I used Zinsser Bullseye Amber Shellac. I bought the can only a week ago, so unless it was sitting at the hardware store a long time, it should be pretty fresh. The instructions on it said to sand as fine as possible before applying the first coat...?


----------



## johnnie52 (Feb 16, 2009)

Willem is right about not sanding the last coat of shellac. In fact you can almost avoid sanding between coats if you thin the mix enough. I prefer to thin shellac with denatured alcohol before use rather than apply it straight out of the can. The alcohol is the solvent used with shellac and the fresh coat actually melts into the previous coat. Using a 50/50 mix pretty much eliminates the need to sand between coats.


----------



## jleep (Oct 27, 2011)

If you want to sand your wood to a 1000 grit Thad fine but your product is only as fine as your last coat of finish....if you do sand it to the "finest it can be sanded to before your 1st coat of amber shellac" ten definitely thin the 1st coat 50/50 w/ denatured alcohol so there's a hope and prayer that it does penetrate far enough and gran on.....also I did say this before but mow that you've chosen shellac as a finish (which contains wax) forget about using something else later i.e you realize how bad shellac is for moisture or alcohol protection on a table top and you think poly might be a good idea....only because nothing will adhere to the wax but more wax. Sometimes you can use a no wax shellac like (seal coat) and then top with whatever.....just be perfectly even with your seal coat app

jleep


----------



## chemmy (Dec 13, 2011)

raindog308 said:


> I used Zinsser Bullseye Amber Shellac.

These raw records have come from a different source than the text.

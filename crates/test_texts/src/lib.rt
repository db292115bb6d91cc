//! Tests of texts, of their collation elements and of their keys: what no clause says, and values that come
//! from outside. Tables and data files are given as bytes, and cases as lines of text.
#![tactic(auto)]

#[cfg(test)]
mod asked_settings;
#[cfg(test)]
mod cases;
#[cfg(test)]
mod compared_texts;
#[cfg(test)]
mod comparisons;
#[cfg(test)]
mod elements;
#[cfg(test)]
mod key_beginnings;
#[cfg(test)]
mod key_maps;
#[cfg(test)]
mod keys;
#[cfg(test)]
mod lookups;
#[cfg(test)]
mod packed_rows;
#[cfg(test)]
mod samples;
#[cfg(test)]
mod stored_keys;
#[cfg(test)]
mod texts;
#[cfg(test)]
mod written_keys;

I bought the can only a week ago, so unless it was sitting at the hardware store a long time, it should be pretty fresh. The instructions on it said to sand as fine as possible before applying the first coat...?


Zinsser amber shellac that contains wax has a shelf life [as do all shellacs]. You should be able to look at the bottom of the can to see when it was packaged to determine how long it has sit on the shelf at the store. If over a year, the esterification of the shellac has proceeded enough to warrant not using it because of slow drying. It is always best to purchase your own shellac flakes and dissolve in denatured alcohol or preferably SDA Den-alcohol formula # 1. Esterification is the term used to describe the debilitating affect that ethanol or methanol has upon the lac acids. It starts as soon as the shellac flakes are dissolved into the alcohol and continue until the shellac will no longer dry. 

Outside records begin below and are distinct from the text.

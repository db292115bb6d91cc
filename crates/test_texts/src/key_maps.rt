//! Maps of keys to their positions, and what texts are matched as by them.

use crate::cases::words_of_case;
use crate::lookups::points_of;
use crate::samples::{CLASSES, data_of, normal_of, table_of};
use std::alloc::{AllocError, Global};
use std::test::Fail;
use test_kit::{halves, holds, same};
use uca_match::{KeyMap, Match, Matches, key_list};
use uca_text::Normal;
use uca_values::{Data, Table};

/// The map of the keys of a table to the positions of their rows.
fn map_of(alloc: Global, table: &Table) -> Result<KeyMap, AllocError> {
    KeyMap::new(alloc, &key_list(alloc, &table.rows)?)
}

/// The position of a key as a number, or `none`.
fn said(alloc: Global, keys: &KeyMap, key: &[char]) -> Result<String, AllocError> {
    match keys.position(key) {
        Some(position) => format!(in alloc; "{position}"),
        None => String::from_str(alloc, "none"),
    }
}

/// Some code points and their position.
fn check_position(alloc: Global, keys: &KeyMap, case: &str) -> Result<(), Fail> {
    let (numbers, wanted) = halves(case)?;
    let points = points_of(alloc, numbers)?;
    same(&said(alloc, keys, &points)?, wanted, case)
}

/// Some code points and their position, in each line of the cases.
fn check_positions(alloc: Global, keys: &KeyMap, cases: &str) -> Result<(), Fail> {
    for case in cases.lines() {
        check_position(alloc, keys, case)?;
    }
    Ok(())
}

/// Cases over the keys of a table.
fn check_keys(alloc: Global, table: &Table, cases: &str) -> Result<(), Fail> {
    let keys = map_of(alloc, table)?;
    let checked = check_positions(alloc, &keys, cases);
    drop(keys);
    checked
}

/// Cases over the keys of a table file.
fn check(alloc: Global, file: &str, cases: &str) -> Result<(), Fail> {
    let table = table_of(alloc, file)?;
    let checked = check_keys(alloc, &table, cases);
    drop(table);
    checked
}

const NO_KEYS: &str = "@version 1\n";

const NO_KEYS_CASES: &str = r" | none
0000 | none
0061 | none
10FFFF | none";

const ONE_KEY: &str = "@version 1\n\
    0061 0062 0063 ; [.0001.0020.0002]\n";

/// Neither the empty text nor a beginning of the key is a key, nor is what is longer than it.
const ONE_KEY_CASES: &str = r" | none
0061 | none
0061 0062 | none
0061 0062 0063 | 0
0061 0062 0063 0061 | none
0062 | none
0063 | none";

/// A key that begins another, in both orders.
const SHORT_FIRST: &str = "@version 1\n\
    0061 ; [.0001.0020.0002]\n\
    0061 0062 ; [.0002.0020.0002]\n";

const SHORT_FIRST_CASES: &str = r"0061 | 0
0061 0062 | 1
0062 | none";

const LONG_FIRST: &str = "@version 1\n\
    0061 0062 ; [.0002.0020.0002]\n\
    0061 ; [.0001.0020.0002]\n";

const LONG_FIRST_CASES: &str = r"0061 | 1
0061 0062 | 0
0062 | none";

/// Keys in falling order: the position is that in the list, and not that in the order of the keys.
const FALLING: &str = "@version 1\n\
    10FFFF ; [.0001.0020.0002]\n\
    4E00 3400 ; [.0002.0020.0002]\n\
    4E00 0061 ; [.0003.0020.0002]\n\
    0062 ; [.0004.0020.0002]\n\
    0061 0063 ; [.0005.0020.0002]\n\
    0061 0062 ; [.0006.0020.0002]\n\
    0000 ; [.0007.0020.0002]\n";

const FALLING_CASES: &str = r"0000 | 6
0061 | none
0061 0062 | 5
0061 0063 | 4
0061 0064 | none
0062 | 3
4E00 | none
4E00 0061 | 2
4E00 0062 | none
4E00 3400 | 1
10FFFF | 0";

#[test]
fn finds_positions(rt: HostRuntime) -> Result<(), Fail> {
    let tables = [
        (NO_KEYS, NO_KEYS_CASES),
        (ONE_KEY, ONE_KEY_CASES),
        (SHORT_FIRST, SHORT_FIRST_CASES),
        (LONG_FIRST, LONG_FIRST_CASES),
        (FALLING, FALLING_CASES),
    ];
    for (file, cases) in tables {
        check(rt.alloc(), file, cases)?;
    }
    Ok(())
}

/// A table file in the making, and cases of its keys.
#[derive(Drop)]
struct Made {
    file: String,
    cases: String,
}

/// Adds two keys: a letter, and the letter with U+0061 after it. The longer one has this position. With U+0062 it is
/// not a key, and the next code point begins no key.
fn add_letter(made: &mut Made, position: u32, code: u32) -> Result<(), AllocError> {
    let (next, beside) = (position.saturating_add(1), code.saturating_add(1));
    write!(
        made.file,
        "{code:04X} 0061 ; [.0001.0020.0002]\n{code:04X} ; [.0002.0020.0002]\n"
    )?;
    write!(
        made.cases,
        "{code:04X} 0061 | {position}\n{code:04X} | {next}\n{code:04X} 0062 | none\n{beside:04X} | none\n"
    )
}

/// 900 letters, each two code points after another from U+3000 on, in mixed order: 907 is a prime, so no remainder comes
/// twice. The list of first steps has 16 positions for each letter, but none from U+3400 on. At most 512 letters are
/// below U+3400, and the others are found by a search.
fn many_letters(alloc: Global) -> Result<Made, AllocError> {
    let mut made = Made {
        file: String::from_str(alloc, "@version 1\n")?,
        cases: String::new(alloc),
    };
    for number in 0..900 {
        add_letter(&mut made, 2 * number, 0x3000 + 2 * (7 * number % 907))?;
    }
    Ok(made)
}

#[test]
fn finds_positions_of_many_keys(rt: HostRuntime) -> Result<(), Fail> {
    let made = many_letters(rt.alloc())?;
    check(rt.alloc(), &made.file, &made.cases)
}

/// Adds a key, with `;` after it.
fn push_key(list: &mut String, key: &[char]) -> Result<(), AllocError> {
    for point in key {
        write!(list, "{:04X} ", u32::from(*point))?;
    }
    list.push_str("; ")
}

/// Keys, each with `;` after it.
fn listed(alloc: Global, keys: &[&[char]]) -> Result<String, AllocError> {
    let mut list = String::new(alloc);
    for key in keys {
        push_key(&mut list, key)?;
    }
    Ok(list)
}

/// The keys of a table.
fn list_of(alloc: Global, table: &Table) -> Result<String, AllocError> {
    listed(alloc, &key_list(alloc, &table.rows)?)
}

/// The keys of a table file.
fn check_list(alloc: Global, file: &str, wanted: &str) -> Result<(), Fail> {
    let table = table_of(alloc, file)?;
    let list = list_of(alloc, &table);
    drop(table);
    same(&list?, wanted, file)
}

#[test]
fn lists_keys(rt: HostRuntime) -> Result<(), Fail> {
    check_list(rt.alloc(), NO_KEYS, "")?;
    check_list(rt.alloc(), LONG_FIRST, "0061 0062 ; 0061 ; ")?;
    check_list(rt.alloc(), ONE_KEY, "0061 0062 0063 ; ")
}

/// The keys have the positions 0 to 7.
const KEYS: &str = "@version 1\n\
    0062 ; [.0001.0020.0002]\n\
    0061 0301 0300 ; [.0002.0020.0002]\n\
    0062 0061 0062 ; [.0003.0020.0002]\n\
    0301 ; [.0004.0020.0002]\n\
    0061 0301 ; [.0005.0020.0002]\n\
    0323 ; [.0006.0020.0002]\n\
    0061 ; [.0007.0020.0002]\n\
    0300 ; [.0008.0020.0002]\n";

/// Texts and what they are matched as, by UTS #10, S2.1 to S2.1.3: the position of a key, or a code point after `U+`,
/// with a space before each. U+0300 and U+0301 have the class 230, U+0323 and U+0324 the class 220.
const MATCHED: &str = r" |
0061 | 6
4E00 | U+4E00
0061 4E00 0062 | 6 U+4E00 0
-- the longest key that begins the text; 0062 0061 begins a key, but is none
0062 0061 0062 | 2
0062 0061 0061 | 0 6 6
0062 0061 | 0 6
0061 0301 0300 | 1
-- the text is matched as it is in Normalization Form D
00E1 | 4
1EA1 0301 | 4 5
-- 0323 is skipped, since 0061 0323 is no key; its class is lower, so it does not block 0301, and it follows the key
0061 0323 0301 | 4 5
0061 0323 0301 0062 | 4 5 0
-- a skipped mark that no key covers
0061 0324 0301 | 4 U+0324
-- 0301 was removed, so it does not block 0300
0061 0323 0301 0300 | 1 5
-- 0300 is skipped, since 0061 0300 is no key, and blocks 0301, which has the same class
0061 0300 0301 | 6 7 3
-- no key takes a mark that stands after another starter
0061 0323 0062 0301 | 6 5 0 3
0061 0301 0061 0323 0301 | 4 4 5
-- a code point that no key covers takes no marks
4E00 0301 | U+4E00 3
-- marks alone
0323 0301 | 5 3";

/// Adds what a part of a text is matched as.
fn push_part(words: &mut String, part: Match<usize>) -> Result<(), AllocError> {
    match part {
        Match::Key(position) => write!(words, " {position}"),
        Match::Unlisted(point) => write!(words, " U+{:04X}", u32::from(point)),
    }
}

/// What a text is matched as.
fn matched(alloc: Global, keys: &KeyMap, text: &Normal) -> Result<String, AllocError> {
    let mut words = String::new(alloc);
    for part in Matches::new(keys, text) {
        push_part(&mut words, part)?;
    }
    Ok(words)
}

/// A text, and what it is matched as.
fn check_match(alloc: Global, keys: &KeyMap, data: &Data, case: &str) -> Result<(), Fail> {
    if case.starts_with("--") {
        return Ok(());
    }
    let (points, wanted) = words_of_case(case)?;
    let text = normal_of(alloc, points, data)?;
    let found = matched(alloc, keys, &text);
    drop(text);
    same(&found?, wanted, case)
}

/// Nothing comes after the last match, however often it is asked for. No key covers the code point.
fn check_end(alloc: Global, keys: &KeyMap, data: &Data) -> Result<(), Fail> {
    let text = normal_of(alloc, "4E00", data)?;
    let mut matches = Matches::new(keys, &text);
    let first = matches.next().is_some();
    let second = matches.next().is_some();
    let third = matches.next().is_some();
    drop(text);
    holds(
        [first, second, third] == [true, false, false],
        "one match, and no more",
    )
}

/// Cases over keys, and the end of the matches.
fn check_cases(alloc: Global, keys: &KeyMap, data: &Data, cases: &str) -> Result<(), Fail> {
    for case in cases.lines() {
        check_match(alloc, keys, data, case)?;
    }
    check_end(alloc, keys, data)
}

/// Cases over the keys of a table.
fn check_texts(alloc: Global, data: &Data, table: &Table, cases: &str) -> Result<(), Fail> {
    let keys = map_of(alloc, table)?;
    let checked = check_cases(alloc, &keys, data, cases);
    drop(keys);
    checked
}

/// Cases over the keys of a table file.
fn check_matches(alloc: Global, data: &Data, file: &str, cases: &str) -> Result<(), Fail> {
    let table = table_of(alloc, file)?;
    let checked = check_texts(alloc, data, &table, cases);
    drop(table);
    checked
}

/// If there are no keys, each code point is matched alone.
const UNMATCHED: &str = r" |
00E1 0062 | U+0061 U+0301 U+0062";

fn check_all_matches(alloc: Global, data: &Data) -> Result<(), Fail> {
    check_matches(alloc, data, KEYS, MATCHED)?;
    check_matches(alloc, data, NO_KEYS, UNMATCHED)
}

#[test]
fn matches_texts(rt: HostRuntime) -> Result<(), Fail> {
    let data = data_of(rt.alloc(), CLASSES)?;
    let checked = check_all_matches(rt.alloc(), &data);
    drop(data);
    checked
}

Once you know for sure your shellac is either good or bad [which can also be found by applying a brushful or as little as a few drops, on a glass panel and testing to see if it dries overnight or takes longer] then you can either proceed if it is good or discard or take back if it's not. If bad, then get online and order some shellac flakes [blond wax free shellac flakes.] and solve these in den-alcohol, 1 lb. of shellac flakes to 1 gallon of alcohol or 1lb to 1/2 gal. will give you a 2 lb cut. With this you can be sure the shellac will dry as it should and sanding will not be a problem.

When your brushing is done, let dry overnight and then instead of sanding get a smooth cloth [preferably t shirt material and make that into a palm size ball and put just a little of the shellac on the ball and a few drops of baby mineral oil for lubrication and than pat the ball flat with your other hand til it is flat. Then glide it back and forth across the surface making sure to lift the pad from the surface at the end of each stroke and then back down on the surface without stopping or hesitation until you have applied enough shellac to see it glossy. If you do this several times or more you will end up with a smooth finish that is glossy and uniform [if done correctly] and if not you can continue to build it up and save much sanding time over brush applications. 
if your daring give it a go. 

If for what ever reason you still feel that it needs smoothing, then you can sand 600 grit w/d, and paste-wax the surface with 4/o steel wool available at any paint store. 

hope this helps.


----------